▶ TASK STATEMENT:
Please return, with no alterations, the lines below from the very first through the one that contains "use coverage::Summary;".

▶ Dataset entries:
━━━

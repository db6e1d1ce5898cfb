//! The commands over a database.
ghost use Rattle.std.specs.Prelude.{◌≡◌, ◌≤◌, IfErr, IfOk, IfSome, false};
ghost use Rattle.attributes.specs.Sequence.{max_sequence};
ghost use Rattle.databases.specs.Fault.{IsOfOrder, OrOfNamed};
ghost use Rattle.databases.specs.Held.{IsNoOrders, IsNoRows, IsUntold, SaysSummary};
ghost use Rattle.databases.specs.Service.{SaysService};
ghost use Rattle.site_commands.specs.Answers.{AnswersDelta, AnswersOrder, AnswersTake, HasSummary, IsAllowedRequest, IsOfDatabase, RefusesDelta, RefusesTake, SaysArrived, SaysLacking, SaysPages, SaysRelay, status_by_action};
ghost use Rattle.site_commands.specs.Printed.{printed};
ghost use Rattle.outbox.specs.Shown.{IsSource};

use crate::line::Refusal;
use crate::pieces::{Pieces, read_pieces, refusal_at};
use crate::printed::Printed;
use attributes::Text;
use command_words::{Action, Pages, Request};
use coverage::Summary;
use databases::{CommandFault, Databases, Relayed, Status, summary_of};
use event_files::{EventReader, Shelf, UnreadAt, events_of};
use inbox_table::Watch;
use std::alloc::Global;
use std::mem;

/// Adds the events of all files to a database, and answers how many were new. All files are read
/// and judged before the database is opened. The memory of the events is left to the operating
/// system, since the program ends next.
pub fn take<S: Shelf, F: EventReader, D: Databases, W: Watch>(
    alloc: Global,
    shelf: &S,
    reader: &F,
    databases: &D,
    db: &str,
    files: &[Text],
    has_lines: bool,
    watch: &W,
) -> Result<Text, Refusal>
    requires { F.can_read reader.now }
    ensures ok { IfOk result (AnswersTake (S.is_content shelf.now) has_lines files.now) }
    ensures err { IfErr result
        (RefusesTake (S.is_content shelf.now) (S.is_unread shelf.now) has_lines files.now) }
{
    match read_pieces(alloc, shelf, files, has_lines) {
        Ok(Pieces { texts, places }) => match events_of(alloc, reader, texts.as_slice()) {
            Ok(events) => {
                // The texts are as large as the events, and aren't wanted any more.
                drop(texts);
                let answer = databases.take(alloc, db, &events, watch);
                mem::forget(events);
                match answer {
                    Ok(text) => Ok(text),
                    Err(why) => Err(Refusal::Database(why)),
                }
            }
            Err(refused) => Err(refusal_at(has_lines, places.as_slice(), refused)),
        },
        Err(at) => Err(Refusal::Unread(at)),
    }
}

/// The summary that a file holds, perhaps with one LF behind it.
fn summary_in<S: Shelf>(alloc: Global, shelf: &S, file: &str) -> Result<Summary, Refusal>
    ensures ok { IfOk result (HasSummary (S.is_content shelf.now) file.now) }
    ensures err { IfErr result
        (RefusesDelta (S.is_content shelf.now) (S.is_unread shelf.now) file.now) }
{
    match shelf.content(alloc, file) {
        Ok(bytes) => match Summary::of_text(alloc, summary_of(bytes.as_bytes())) {
            Ok(summary) => Ok(summary),
            Err(why) => Err(Refusal::Summary(why)),
        },
        Err(why) => Err(Refusal::Unread(UnreadAt { file: 0, why })),
    }
}

/// The pages that are asked for of the events of a database that the summary in a file lacks. The
/// file is read and judged before the database is opened.
pub fn delta<S: Shelf, D: Databases>(
    alloc: Global,
    shelf: &S,
    databases: &D,
    db: &str,
    pages: Pages,
    file: &str,
) -> Result<Printed, Refusal>
    ensures ok { IfOk result (λ p.
        AnswersDelta (S.is_content shelf.now) pages file.now (printed p)) }
    ensures err { IfErr result
        (RefusesDelta (S.is_content shelf.now) (S.is_unread shelf.now) file.now) }
{
    match summary_in(alloc, shelf, file) {
        Ok(summary) => match lacking(alloc, databases, db, pages, summary) {
            Ok(printed) => Ok(printed),
            Err(why) => Err(Refusal::Database(why)),
        },
        Err(refusal) => Err(refusal),
    }
}

/// The pages that are asked for of the events of a database that a summary lacks.
fn lacking<D: Databases>(
    alloc: Global,
    databases: &D,
    db: &str,
    pages: Pages,
    summary: Summary,
) -> Result<Printed, CommandFault>
    ensures ok { IfOk result (λ p. SaysLacking summary pages (printed p)) }
    ensures err { IfErr result (OrOfNamed IsUntold) }
{
    match pages {
        Pages::Behind(passed) => match databases.delta(alloc, db, &summary, passed) {
            Ok(text) => Ok(Printed::Line(text)),
            Err(why) => Err(why),
        },
        Pages::All => match databases.delta_pages(alloc, db, summary) {
            Ok(events) => Ok(Printed::Pages(events)),
            Err(why) => Err(why),
        },
    }
}

/// The pages that are asked for of the events of a database, in key order.
pub fn scrub<D: Databases>(
    alloc: Global,
    databases: &D,
    db: &str,
    pages: Pages,
) -> Result<Printed, Refusal>
    ensures ok { IfOk result (λ p. SaysPages pages (printed p)) }
    ensures err { IfErr result (IsOfDatabase IsUntold) }
{
    match pages {
        Pages::Behind(passed) => match databases.scrub(alloc, db, passed) {
            Ok(text) => Ok(Printed::Line(text)),
            Err(why) => Err(Refusal::Database(why)),
        },
        Pages::All => match databases.scrub_pages(alloc, db) {
            Ok(events) => Ok(Printed::Pages(events)),
            Err(why) => Err(Refusal::Database(why)),
        },
    }
}

/// The events of a database behind the first so many, in the order in which they came: the next page
/// of at most 100, or all pages, each as a line.
pub fn arrivals<D: Databases>(
    alloc: Global,
    databases: &D,
    db: &str,
    after: u64,
    is_all: bool,
) -> Result<Printed, Refusal>
    ensures ok { IfOk result (λ p. SaysArrived after is_all (printed p)) }
    ensures err { IfErr result (IsOfDatabase IsUntold) }
{
    if is_all {
        return match databases.arrival_pages(alloc, db, after) {
            Ok(events) => Ok(Printed::Pages(events)),
            Err(why) => Err(Refusal::Database(why)),
        };
    }
    match databases.arrivals(alloc, db, after) {
        Ok(text) => Ok(Printed::Line(text)),
        Err(why) => Err(Refusal::Database(why)),
    }
}

/// Which events a database has, as a summary.
pub fn summary<D: Databases>(alloc: Global, databases: &D, db: &str) -> Result<Text, Refusal>
    ensures ok { IfOk result SaysSummary }
    ensures err { IfErr result (IsOfDatabase IsUntold) }
{
    match databases.summary(alloc, db) {
        Ok(text) => Ok(text),
        Err(why) => Err(Refusal::Database(why)),
    }
}

/// The status that an order gets by what the command line has done with it.
fn status_of(action: Action) -> Status
    ensures { result ≡ status_by_action action }
{
    match action {
        Action::Place => Status::Placed,
        Action::Ship => Status::Shipped,
        Action::Cancel => Status::Cancelled,
    }
}

/// Makes the service of a database where there is none, and answers which one is there.
pub fn service<D: Databases>(
    alloc: Global,
    databases: &D,
    db: &str,
    source: &Text,
    is_source_named: bool,
    base: Option<u64>,
) -> Result<Text, Refusal>
    requires source { IsSource source.now }
    requires base { IfSome base (λ n. n ≤ max_sequence) }
    ensures ok { IfOk result (SaysService is_source_named source.now base) }
    ensures err { IfErr result (IsOfDatabase IsNoOrders) }
{
    match databases.service(alloc, db, source, is_source_named, base) {
        Ok(text) => Ok(text),
        Err(why) => Err(Refusal::Database(why)),
    }
}

/// Places, ships or cancels an order, and answers its event.
pub fn order<D: Databases>(alloc: Global, databases: &D, request: &Request) -> Result<Text, Refusal>
    requires { IsAllowedRequest request.now }
    ensures ok { IfOk result (AnswersOrder request.now) }
    ensures err { IfErr result (IsOfDatabase IsOfOrder) }
{
    let status = status_of(request.action);
    match databases.order(
        alloc,
        request.db.as_str(),
        &request.source,
        request.is_source_named,
        status,
        request.order,
        &request.at,
    ) {
        Ok(text) => Ok(text),
        Err(why) => Err(Refusal::Database(why)),
    }
}

/// The rows of a database's outbox with a greater number: the next page of at most 100, or all
/// pages, each as a line.
pub fn relay<D: Databases>(
    alloc: Global,
    databases: &D,
    db: &str,
    after: u64,
    is_all: bool,
) -> Result<Printed, Refusal>
    ensures ok { IfOk result (λ p. SaysRelay after is_all (printed p)) }
    ensures err { IfErr result (IsOfDatabase IsNoRows) }
{
    if is_all {
        return match databases.relay_all(alloc, db, after) {
            Ok(text) => Ok(Printed::Line(text)),
            Err(why) => Err(Refusal::Database(why)),
        };
    }
    next_rows(alloc, databases, db, after)
}

/// The rows of a database's outbox with a greater number, at most 100.
fn next_rows<D: Databases>(
    alloc: Global,
    databases: &D,
    db: &str,
    after: u64,
) -> Result<Printed, Refusal>
    ensures ok { IfOk result (λ p. SaysRelay after false (printed p)) }
    ensures err { IfErr result (IsOfDatabase IsNoRows) }
{
    let Ok(source) = Text::of(alloc, "/orders") else {
        return Err(Refusal::Database(CommandFault::OutOfMemory));
    };
    match databases.relay(alloc, db, &source, after) {
        Ok(Relayed { text, is_made }) => {
            if is_made {
                Ok(Printed::Founded(text))
            } else {
                Ok(Printed::Line(text))
            }
        }
        Err(why) => Err(Refusal::Database(why)),
    }
}
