//! The commands that ask a question about the events of files.
ghost use Rattle.std.specs.Prelude.{◌≡◌, IfErr, IfOk, None, Some};
ghost use Rattle.site_commands.specs.Answers.{AnswersQuery, RefusesFiles, RefusesQuery};

use crate::line::Refusal;
use crate::pieces::{Pieces, read_pieces, refusal_at};
use attributes::Text;
use databases::{CommandFault, Databases};
use event_files::{EventReader, Shelf};
use file_reports::{Query, report, report_with, site_of};
use std::alloc::Global;
use std::mem;

/// The answer to the query for the events of all files, and those of a database where one is given.
/// All files are read before one is judged, and judged before the database is opened.
pub fn ask<S: Shelf, F: EventReader, D: Databases>(
    alloc: Global,
    shelf: &S,
    reader: &F,
    databases: &D,
    query: Query,
    db: &Option<Text>,
    files: &[Text],
    has_lines: bool,
) -> Result<Text, Refusal>
    requires { F.can_read reader.now }
    ensures ok { IfOk result
        (AnswersQuery (S.is_content shelf.now) query has_lines db.now files.now) }
    ensures err { IfErr result
        (RefusesQuery (S.is_content shelf.now) (S.is_unread shelf.now) has_lines db.now files.now) }
{
    match db {
        Some(db) => {
            let db = db.as_str();
            ask_with(alloc, shelf, reader, databases, query, db, files, has_lines)
        }
        None => ask_files(alloc, shelf, reader, query, files, has_lines),
    }
}

/// The answer to the query for the events of all files. The memory of the events is left to the
/// operating system, since the program ends next.
fn ask_files<S: Shelf, F: EventReader>(
    alloc: Global,
    shelf: &S,
    reader: &F,
    query: Query,
    files: &[Text],
    has_lines: bool,
) -> Result<Text, Refusal>
    requires { F.can_read reader.now }
    ensures ok { IfOk result
        (AnswersQuery (S.is_content shelf.now) query has_lines None files.now) }
    ensures err { IfErr result (RefusesFiles (S.is_content shelf.now) (S.is_unread shelf.now) has_lines files.now) }
{
    match read_pieces(alloc, shelf, files, has_lines) {
        Ok(Pieces { texts, places }) => match report(alloc, reader, query, texts) {
            Ok(report) => {
                mem::forget(report.events);
                Ok(report.text)
            }
            Err(refused) => Err(refusal_at(has_lines, places.as_slice(), refused)),
        },
        Err(at) => Err(Refusal::Unread(at)),
    }
}

/// The answer to the query for the events of all files and those of a given database.
fn ask_with<S: Shelf, F: EventReader, D: Databases>(
    alloc: Global,
    shelf: &S,
    reader: &F,
    databases: &D,
    query: Query,
    db: &str,
    files: &[Text],
    has_lines: bool,
) -> Result<Text, Refusal>
    requires { F.can_read reader.now }
    ensures ok { IfOk result
        (AnswersQuery (S.is_content shelf.now) query has_lines (Some db.now) files.now) }
    ensures err { IfErr result (RefusesQuery (S.is_content shelf.now) (S.is_unread shelf.now)
        has_lines (Some db.now) files.now) }
{
    match read_pieces(alloc, shelf, files, has_lines) {
        Ok(Pieces { texts, places }) => match site_of(alloc, reader, texts) {
            Ok(events) => match databases.events(alloc, db) {
                Ok(held) => match report_with(query, events, held) {
                    Ok(report) => {
                        mem::forget(report.events);
                        Ok(report.text)
                    }
                    Err(_) => Err(Refusal::Database(CommandFault::OutOfMemory)),
                },
                Err(why) => Err(Refusal::Database(why)),
            },
            Err(refused) => Err(refusal_at(has_lines, places.as_slice(), refused)),
        },
        Err(at) => Err(Refusal::Unread(at)),
    }
}
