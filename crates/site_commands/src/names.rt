//! What a plan names, for the lines that say why it has no answer.
ghost use Rattle.std.specs.Prelude.{◌≡◌, [], unwrap_or};
ghost use Rattle.site_commands.specs.Lines.{name_at};
ghost use Rattle.site_commands.specs.Names.{lent, of_check, names_of_follow, of_number, of_once, of_run, of_split};

use attributes::Text;
use command_words::{Check, Follow, Number, Once, Run, Split};

/// What a plan names.
#[derive(Clone, Copy)]
pub struct Names<'a> {
    /// The database; empty where there is none.
    pub db: &'a str,
    /// The number of the order; 0 where there is none.
    pub order: u64,
    /// The file before the others, where there is one.
    first: Option<&'a str>,
    files: &'a [Text],
}

impl<'a> Names<'a> {
    /// What an error line names of a plan: a database alone.
    fn of_db(db: &'a str) -> Names<'a>
        ensures { lent result ≡ record { db = db.now; order = 0; files = [] } }
    {
        Names {
            db,
            order: 0,
            first: None,
            files: &[],
        }
    }

    /// What an error line names of a plan: files alone.
    pub fn of_files(files: &'a [Text]) -> Names<'a>
        ensures { lent result ≡ record { db = []; order = 0; files = files.now } }
    {
        Names {
            db: "",
            order: 0,
            first: None,
            files,
        }
    }

    /// What the error line of a plan with one answer names.
    pub fn of_once(plan: &'a Once) -> Names<'a>
        ensures { lent result ≡ of_once plan.now }
    {
        match plan {
            Once::Ask { db, files, .. } => Names {
                db: given_name(db),
                order: 0,
                first: None,
                files: files.as_slice(),
            },
            Once::Summary { db } => Names::of_db(db.as_str()),
            Once::Take { db, files, .. } => Names {
                db: db.as_str(),
                order: 0,
                first: None,
                files: files.as_slice(),
            },
            Once::Delta { db, summary, .. } => Names {
                db: db.as_str(),
                order: 0,
                first: Some(summary.as_str()),
                files: &[],
            },
            Once::Scrub { db, .. } => Names::of_db(db.as_str()),
            Once::Arrivals { db, .. } => Names::of_db(db.as_str()),
            Once::Service { db, .. } => Names::of_db(db.as_str()),
            Once::Order(request) => Names {
                db: request.db.as_str(),
                order: request.order,
                first: None,
                files: &[],
            },
            Once::Relay { db, .. } => Names::of_db(db.as_str()),
            Once::Part { files, .. } => Names::of_files(files.as_slice()),
        }
    }

    /// What the error line of the command `follow` names.
    pub fn of_follow(plan: &'a Follow) -> Names<'a>
        ensures { lent result ≡ names_of_follow plan.now }
    {
        Names {
            db: plan.db.as_str(),
            order: 0,
            first: Some(plan.file.as_str()),
            files: &[],
        }
    }

    /// What the error line of a stream of lines that are numbered names.
    pub fn of_number(plan: &'a Number) -> Names<'a>
        ensures { lent result ≡ of_number plan.now }
    {
        Names {
            db: plan.db.as_str(),
            order: 0,
            first: Some(plan.file.as_str()),
            files: &[],
        }
    }

    /// What the error line of the command `check` names.
    pub fn of_check(plan: &'a Check) -> Names<'a>
        ensures { lent result ≡ of_check plan.now }
    {
        Names {
            db: "",
            order: 0,
            first: None,
            files: plan.files.as_slice(),
        }
    }

    /// What the error line of a plan of parts names, refused for a file that it reads.
    pub fn of_split(plan: &'a Split) -> Names<'a>
        ensures { lent result ≡ of_split plan.now }
    {
        Names::of_files(plan.files.as_slice())
    }

    /// What the error line of a run names, its peer's file first.
    pub fn of_run(plan: &'a Run) -> Names<'a>
        ensures { lent result ≡ of_run plan.now }
    {
        match &plan.peer {
            Some(peer) => Names {
                db: plan.db.as_str(),
                order: 0,
                first: Some(peer.as_str()),
                files: plan.files.as_slice(),
            },
            None => Names {
                db: plan.db.as_str(),
                order: 0,
                first: None,
                files: plan.files.as_slice(),
            },
        }
    }

    /// An error line's file at a place, from 0; empty where there is none.
    pub fn file(self, place: u64) -> &'a str
        ensures { result.now ≡ name_at (lent self.entry).files place }
    {
        match self.first {
            Some(first) if place == 0 => first,
            Some(_) => name_at(self.files, place - 1),
            None => name_at(self.files, place),
        }
    }
}

/// The name that a plan gives for an error line; empty where none is given.
fn given_name(name: &Option<Text>) -> &str
    ensures { result.now ≡ unwrap_or name.now [] }
{
    match name {
        Some(name) => name.as_str(),
        None => "",
    }
}

/// The name for an error line at a place, from 0; empty where there is none.
pub(crate) fn name_at(names: &[Text], place: u64) -> &str
    ensures { result.now ≡ name_at names.now place }
{
    match names.get(place as usize) {
        Some(name) => name.as_str(),
        None => "",
    }
}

━━━

▶ SOLUTION TO THIS EXERCISE:
repository db6e1d1ce5898cfb
//! The commands over a database.
ghost use Rattle.std.specs.Prelude.{◌≡◌, ◌≤◌, IfErr, IfOk, IfSome, false};
ghost use Rattle.attributes.specs.Sequence.{max_sequence};
ghost use Rattle.databases.specs.Fault.{IsOfOrder, OrOfNamed};
ghost use Rattle.databases.specs.Held.{IsNoOrders, IsNoRows, IsUntold, SaysSummary};
ghost use Rattle.databases.specs.Service.{SaysService};
ghost use Rattle.site_commands.specs.Answers.{AnswersDelta, AnswersOrder, AnswersTake, HasSummary, IsAllowedRequest, IsOfDatabase, RefusesDelta, RefusesTake, SaysArrived, SaysLacking, SaysPages, SaysRelay, status_by_action};
ghost use Rattle.site_commands.specs.Printed.{printed};
ghost use Rattle.outbox.specs.Shown.{IsSource};

use crate::line::Refusal;
use crate::pieces::{Pieces, read_pieces, refusal_at};
use crate::printed::Printed;
use attributes::Text;
use command_words::{Action, Pages, Request};
use coverage::Summary;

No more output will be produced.